During a February 25 press conference, Psaki said the objective of the Biden administration is to move unaccompanied children as quickly as possible “to families that have been vetted and to reunite kids with their families.”

“Our best option, in our view, is to get these kids processed through HHS facilities where there are COVID protocols in place, where they are safe, where they can have access to educational and medical care,” she said.

In February, the Border Patrol encountered almost 9,300 unaccompanied children at the border, up from about 5,700 in January, according to CBP.

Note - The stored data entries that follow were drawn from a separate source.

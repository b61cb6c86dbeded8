//! Inserts.

ghost use Rattle.std.specs.Prelude.{◌≡◌, ◌≤◌, ◌⊎◌, ℕ, Bool, None, Some, length, false, true, IfErr};
ghost use Rattle.im_base_types.specs.declared.fault.Fault.TheVariants.{Memory, PagesFull};
ghost use Rattle.im_base_types.specs.Answers.{Insert};
ghost use Rattle.im_theory_log.specs.Histories.{Base};
ghost use Rattle.im_theory_log.specs.Writer.{Writer};
ghost use Rattle.im_page_writer.specs.PageWriter.{IsReadyWriter};
ghost use Rattle.im_page_writer.specs.Outcome.{fault_of, mild, no_page, Logs};
ghost use Rattle.im_theory_page.specs.Split.{HasRoom};
ghost use Rattle.im_theory_tree.specs.Search.{IsOnWay};
ghost use Rattle.im_tree_search.specs.declared.change_beside.Beside.{Beside as BesideOf};
ghost use Rattle.im_tree_search.specs.Levels.{bodies};
ghost use Rattle.im_smo_split.specs.Kept.{mild_to_split};
ghost use Rattle.im_theory_machine.specs.Table.{SameLasting, SameTable};
ghost use Rattle.im_engine_access.specs.Edits.{MayEdit, InsertKept};
ghost use Rattle.im_engine_access.specs.AtOnce.{ComesTo, MayInsert, MaySplit, PutKept, AtOnceKept};

use crate::change_plan::Coming;
use crate::inserting_beside::prepare_coming;
use crate::lock_answer::LockAnswer;
use crate::logging::log_insert;
use crate::noted::Noted;
use im_base_disk::Disk;
use im_base_txn::Transaction;
use im_base_types::{Fault, Lsn, PageNo, Rid, TxnId};
use im_engine_locks::LockTable;
use im_page_writer::PageWriter;
use im_smo_actions::BegunChange;
use im_smo_log::late;
use im_tree_search::{Beside, Sight};
use std::alloc::Global;

// Logs the record of a key that comes into its leaf, after the transaction's record at `last`.
fn put<D: Disk>(
    writer: &mut PageWriter,
    disk: &mut D,
    transaction: TxnId,
    last: Lsn,
    page: PageNo,
    key: &[u8],
    rid: Rid,
) -> Result<Noted, Fault>
    requires ready { IsReadyWriter D.Disk writer.old disk.old }
    requires owner { 1 ≤ transaction }
    requires keyed { 1 ≤ length key.now }
    requires short { length key.now ≤ 255 }
    ensures outcome { Logs D.Disk false no_page writer.old disk.old writer.new disk.new (fault_of result) }
    ensures kept { (b : Base) (base : ℕ) (s : Writer) (e undo_next : ℕ) (dense : Bool) (max : ℕ) (to : ComesTo D.Disk b base s e transaction last undo_next key.now dense max writer.old disk.old)
        → IsOnWay (bodies to.made.now) 0 key.now page → HasRoom true (bodies to.made.now page).entries (key.now, 0)
        → PutKept D.Disk b base s e transaction key.now rid dense max to.since writer.new disk.new result }
{
    let lsn = log_insert(writer, disk, transaction, last, page, key, rid)?;
    Ok(Noted {
        last: lsn,
        undo_next: lsn,
    })
}

// Logs all pages of the split that a key's leaf wants, and then the key into the page that is its leaf after it. After the first of these a
// want of memory is `Failed`.
fn split_and_put<D: Disk>(
    writer: &mut PageWriter,
    disk: &mut D,
    transaction: &Transaction,
    begun: &BegunChange,
    page: PageNo,
    key: &[u8],
    rid: Rid,
) -> Result<Noted, Fault>
    requires ready { IsReadyWriter D.Disk writer.old disk.old }
    requires working { writer.old.failed ≡ false }
    requires owner { 1 ≤ transaction.now.number }
    requires keyed { 1 ≤ length key.now }
    requires short { length key.now ≤ 255 }
    ensures outcome { Logs D.Disk true mild writer.old disk.old writer.new disk.new (fault_of result) }
    ensures kept { (b : Base) (base : ℕ) (s : Writer) (e : ℕ) (dense : Bool) (max : ℕ) (may : MaySplit D.Disk b base s e transaction.now.number transaction.now.last transaction.now.undo_next key.now dense max begun.now.change page writer.old disk.old)
        → PutKept D.Disk b base s e transaction.now.number key.now rid dense max may.since writer.new disk.new result }
{
    let last = begun.run(writer, disk)?;
    match put(writer, disk, transaction.number, last, page, key, rid) {
        Ok(noted) => Ok(noted),
        Err(fault) => Err(late(fault)),
    }
}

// Logs at once what was laid down.
fn log_at_once<D: Disk>(
    writer: &mut PageWriter,
    disk: &mut D,
    transaction: &Transaction,
    key: &[u8],
    rid: Rid,
    coming: Coming,
) -> Result<Option<Noted>, Fault>
    requires ready { IsReadyWriter D.Disk writer.old disk.old }
    requires working { writer.old.failed ≡ false }
    requires owner { 1 ≤ transaction.now.number }
    requires keyed { 1 ≤ length key.now }
    requires short { length key.now ≤ 255 }
    ensures outcome { Logs D.Disk true (mild_to_split None) writer.old disk.old writer.new disk.new (fault_of result) }
    ensures kept { (b : Base) (base : ℕ) (s : Writer) (e : ℕ) (dense : Bool) (max : ℕ) (beside : BesideOf) (may : MayInsert D.Disk b base s e transaction.now.number transaction.now.last transaction.now.undo_next key.now dense max beside coming writer.old disk.old)
        → AtOnceKept D.Disk b base s e transaction.now.number key.now rid dense max may.since writer.new disk.new result }
{
    let number = transaction.number;
    match coming {
        Coming::There => Ok(None),
        Coming::Fits(page) => {
            let noted = put(writer, disk, number, transaction.last, page, key, rid)?;
            Ok(Some(noted))
        }
        Coming::Splits(plan, leaf) => {
            let begun = plan.begin(number, transaction.last, transaction.undo_next);
            let after = split_and_put(writer, disk, transaction, &begun, leaf, key, rid)?;
            Ok(Some(after))
        }
        Coming::UsedUp => Err(Fault::Capacity),
    }
}

/// Puts a key with its row id, where it is not there yet, for a transaction that is going. Where the key is there it asks that key's lock, shared;
/// else the lock of the next name for the instant and the key's own, both against every other.
/// The leaf is split first where it lacks room, within a limit of pages. It answers what the transaction's row notes, and `None` where the
/// key is there.
///
/// It is laid down as `insert_beside` does, where no change is under way, but with the lock of the next name for the instant, and logged at
/// once. The pages of a split are planned before a lock is asked. So `PagesFull` comes, and a want of memory for the plan, before the locks,
/// `Capacity` after them, and a want of memory after the grant is `Failed`. After `Memory`, `PagesFull`, `Wait` and `Die` nobody holds
/// another lock than before.
///
/// The leaf is searched once. Where it has room and holds the next key, that is one get for each level, and the change is one more. Where
/// it lacks room, the plan gets each page of the way once more, and the record goes to the leaf that the plan names.
pub fn insert<D: Disk>(
    alloc: Global,
    writer: &mut PageWriter,
    disk: &mut D,
    locks: &mut LockTable,
    transaction: &Transaction,
    key: &[u8],
    rid: Rid,
    max: PageNo,
    dense: bool,
) -> Result<LockAnswer<Option<Noted>>, Fault>
    requires ready { IsReadyWriter D.Disk writer.old disk.old }
    requires working { writer.old.failed ≡ false }
    requires owner { 1 ≤ transaction.now.number }
    requires keyed { 1 ≤ length key.now }
    requires short { length key.now ≤ 255 }
    ensures outcome { Logs D.Disk true (mild_to_split (Some max)) writer.old disk.old writer.new disk.new (fault_of result) }
    ensures kept { (b : Base) (base : ℕ) (s : Writer) (e : ℕ) → MayEdit D.Disk b base s e transaction.now.number transaction.now.last transaction.now.undo_next (Insert key.now rid) locks.old writer.old disk.old
        → InsertKept D.Disk b base s e transaction.now.number key.now rid dense max locks.old locks.new disk.old writer.new disk.new result }
    ensures table { IfErr result (λ e. (e ≡ Memory) ⊎ (e ≡ PagesFull) → SameTable locks.old locks.new) }
    ensures lasting { IfErr result (λ e. (e ≡ Memory) ⊎ (e ≡ PagesFull) → SameLasting locks.old locks.new) }
{
    let number = transaction.number;
    let sight = prepare_coming(
        alloc,
        writer,
        disk,
        locks,
        number,
        key,
        max,
        dense,
        false,
        Beside::none(),
    )?;
    let answer = match sight {
        Sight::Seen(answer) => answer,
        Sight::Hidden => return Err(Fault::Failed),
    };
    let coming = match answer {
        LockAnswer::Granted(coming) => coming,
        LockAnswer::Wait(holder) => return Ok(LockAnswer::Wait(holder)),
        LockAnswer::Die => return Ok(LockAnswer::Die),
    };
    match log_at_once(writer, disk, transaction, key, rid, coming) {
        Ok(noted) => Ok(LockAnswer::Granted(noted)),
        Err(fault) => Err(late(fault)),
    }
}
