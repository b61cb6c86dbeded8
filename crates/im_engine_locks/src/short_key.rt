//! Short keys, in place.

ghost use Rattle.std.specs.Prelude.{◌≡◌, ◌≤◌, length, take};

/// The bytes of a key, with no memory of their own.
#[derive(Clone, Copy)]
pub struct ShortKey {
    bytes: [u8; 32],
    len: usize,
}

impl ShortKey {
    /// No bytes.
    pub fn empty() -> ShortKey {
        ShortKey {
            bytes: [0; 32],
            len: 0,
        }
    }

    /// Makes it a copy of these bytes, where it stands: to make it first and to move it then would wait for the bytes.
    pub fn set(&mut self, bytes: &[u8])
        requires { length bytes.now ≤ 32 }
        ensures { take self.new.len self.new.bytes ≡ bytes.now }
    {
        self.bytes[..bytes.len()].copy_from_slice(bytes);
        self.len = bytes.len();
    }

    /// The bytes: there are no more than have room.
    pub fn as_slice(&self) -> &[u8]
        ensures { result.now ≡ take self.now.len self.now.bytes }
    {
        let len = self.len;
        if len <= 32 {
            &self.bytes[..len]
        } else {
            &self.bytes
        }
    }
}
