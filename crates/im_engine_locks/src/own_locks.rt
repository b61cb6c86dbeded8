//! The locks of one owner.

ghost use Rattle.std.specs.Prelude.{◌≡◌, map};
ghost use Rattle.im_engine_locks.specs.Index.{seen};
ghost use Rattle.im_engine_locks.specs.Places.{list_in};
ghost use Rattle.im_engine_locks.specs.Owned.{held_in};

use crate::place::Span;
use crate::stored_lock::StoredLock;

/// The locks of one owner: those that last until they are released, and those that fall back where its structure change ends.
/// One that falls and was asked to commit too stands in both.
#[derive(Drop)]
pub struct OwnLocks {
    pub lasting: Vec<StoredLock>,
    pub falling: Vec<StoredLock>,
}

impl OwnLocks {
    /// One of the two lists.
    pub fn list(&self, span: Span) -> &[StoredLock]
        ensures { map seen result.now ≡ list_in (held_in self.now) span }
    {
        match span {
            Span::Lasting => self.lasting.as_slice(),
            Span::Falling => self.falling.as_slice(),
        }
    }
}
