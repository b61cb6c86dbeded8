//! Where a lock stands.

ghost use Rattle.std.specs.Prelude.{◌≡◌};
ghost use Rattle.im_engine_locks.specs.Places.{is_place};

use im_base_types::TxnId;

/// In which of its owner's two lists a lock stands: of those that last until they are released, or of those that fall back where its
/// structure change ends.
#[derive(Clone, Copy, Debug, PartialEq, Eq)]
pub enum Span {
    Lasting,
    Falling,
}

/// Where a lock stands: in which list of which owner, and how many stand before it there.
#[derive(Clone, Copy, Debug)]
pub struct Place {
    pub owner: TxnId,
    pub span: Span,
    pub at: usize,
}

impl Place {
    /// Whether it is that place.
    pub fn is(&self, that: Place) -> bool
        ensures { result ≡ is_place self.now that.owner that.span that.at }
    {
        self.owner == that.owner && self.span == that.span && self.at == that.at
    }
}
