//! What a step by a key answers.

use im_base_types::TxnId;

/// What becomes of a step that asks locks: all of them are granted, or nothing is done.
#[derive(Drop)]
pub enum LockAnswer<T> {
    /// The locks are held, and this is the answer.
    Granted(T),
    /// The transaction is older than every holder of a lock in its way, of which this is the oldest: it may ask again.
    Wait(TxnId),
    /// Some holder of a lock in its way is older: it has to be rolled back.
    Die,
}
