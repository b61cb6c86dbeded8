//! Deletes.

ghost use Rattle.std.specs.Prelude.{◌≡◌, ◌≤◌, ℕ, length, false, true, IfErr};
ghost use Rattle.im_base_types.specs.declared.fault.Fault.TheVariants.{Memory};
ghost use Rattle.im_base_types.specs.Answers.{Delete};
ghost use Rattle.im_theory_log.specs.Histories.{Base};
ghost use Rattle.im_theory_log.specs.Writer.{Writer};
ghost use Rattle.im_page_writer.specs.PageWriter.{IsReadyWriter};
ghost use Rattle.im_page_writer.specs.Outcome.{fault_of, mild, Logs};
ghost use Rattle.im_theory_machine.specs.Table.{SameLasting, SameTable};
ghost use Rattle.im_engine_access.specs.Edits.{MayEdit, DeleteKept};

use crate::begun::Deleting;
use crate::deleting_beside::delete_beside;
use crate::lock_answer::LockAnswer;
use crate::noted::Noted;
use im_base_disk::Disk;
use im_base_txn::Transaction;
use im_base_types::Fault;
use im_engine_locks::LockTable;
use im_page_writer::PageWriter;
use im_smo_log::late;
use im_tree_search::{Beside, Sight};
use std::alloc::Global;

/// Drops a key, for a transaction that is going, where no structure change is under way. Its locks are those that the access asks. A leaf other than
/// the root that is left empty is taken out of the tree, after the key's record: it is what `delete_beside` begins, made at once. It answers what the
/// transaction's row notes, and `None` where the key is not there.
///
/// What that change wants of memory is had before a lock is asked. A want of memory after the grant is `Failed`, and comes only where the leaf was left
/// empty. After `Memory`, `Wait` and `Die` nobody holds another lock than before.
pub fn delete<D: Disk>(
    alloc: Global,
    writer: &mut PageWriter,
    disk: &mut D,
    locks: &mut LockTable,
    transaction: &Transaction,
    key: &[u8],
) -> Result<LockAnswer<Option<Noted>>, Fault>
    requires ready { IsReadyWriter D.Disk writer.old disk.old }
    requires working { writer.old.failed ≡ false }
    requires owner { 1 ≤ transaction.now.number }
    requires keyed { 1 ≤ length key.now }
    requires short { length key.now ≤ 255 }
    ensures outcome { Logs D.Disk true mild writer.old disk.old writer.new disk.new (fault_of result) }
    ensures kept { (b : Base) (base : ℕ) (s : Writer) (e : ℕ) → MayEdit D.Disk b base s e transaction.now.number transaction.now.last transaction.now.undo_next (Delete key.now) locks.old writer.old disk.old
        → DeleteKept D.Disk b base s e transaction.now.number transaction.now.last key.now locks.old locks.new disk.old writer.new disk.new result }
    ensures table { IfErr result (λ e. e ≡ Memory → SameTable locks.old locks.new) }
    ensures lasting { IfErr result (λ e. e ≡ Memory → SameLasting locks.old locks.new) }
{
    let sight = delete_beside(alloc, writer, disk, locks, transaction, key, Beside::none())?;
    let answer = match sight {
        Sight::Seen(answer) => answer,
        Sight::Hidden => return Err(Fault::Failed),
    };
    let deleting = match answer {
        LockAnswer::Granted(deleting) => deleting,
        LockAnswer::Wait(holder) => return Ok(LockAnswer::Wait(holder)),
        LockAnswer::Die => return Ok(LockAnswer::Die),
    };
    match deleting {
        Deleting::Gone => Ok(LockAnswer::Granted(None)),
        Deleting::Taken(lsn) => Ok(LockAnswer::Granted(Some(Noted {
            last: lsn,
            undo_next: lsn,
        }))),
        Deleting::Dropping(begun) => {
            let lsn = begun.change().undo_next();
            match begun.run(writer, disk) {
                Ok(last) => Ok(LockAnswer::Granted(Some(Noted {
                    last,
                    undo_next: lsn,
                }))),
                Err(fault) => Err(late(fault)),
            }
        }
    }
}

In a statement to Newsweek on Tuesday, ORR said it is working to ensure children don’t spend more time in Border Patrol facilities than necessary by safely increasing capacity in its permanent, licensed network by implementing enhanced COVID-19 mitigation strategies; safely reducing the time it takes to unify unaccompanied children with a sponsor; using intake care facilities with the same standards of care used in its permanent, licensed network; and establishing emergency intake sites to decrease overcrowding in CBP facilities.

“ORR is committed to aggressively moving toward the long-term goal of acquiring enough state-licensed beds in our care provider network to reduce the need in the future for Influx Care Facilities or Emergency Intake Sites,” the statement read.

Unaccompanied children are defined by the HHS as those age 17 or under who have no lawful immigration status in the U.S. and are without, or were separated from, a parent or legal guardian.

An asylum seeker from Honduras cares for her infant son as they wait with family outside the El Chaparral border crossing port in Tijuana, Mexico, on February 19, 2021.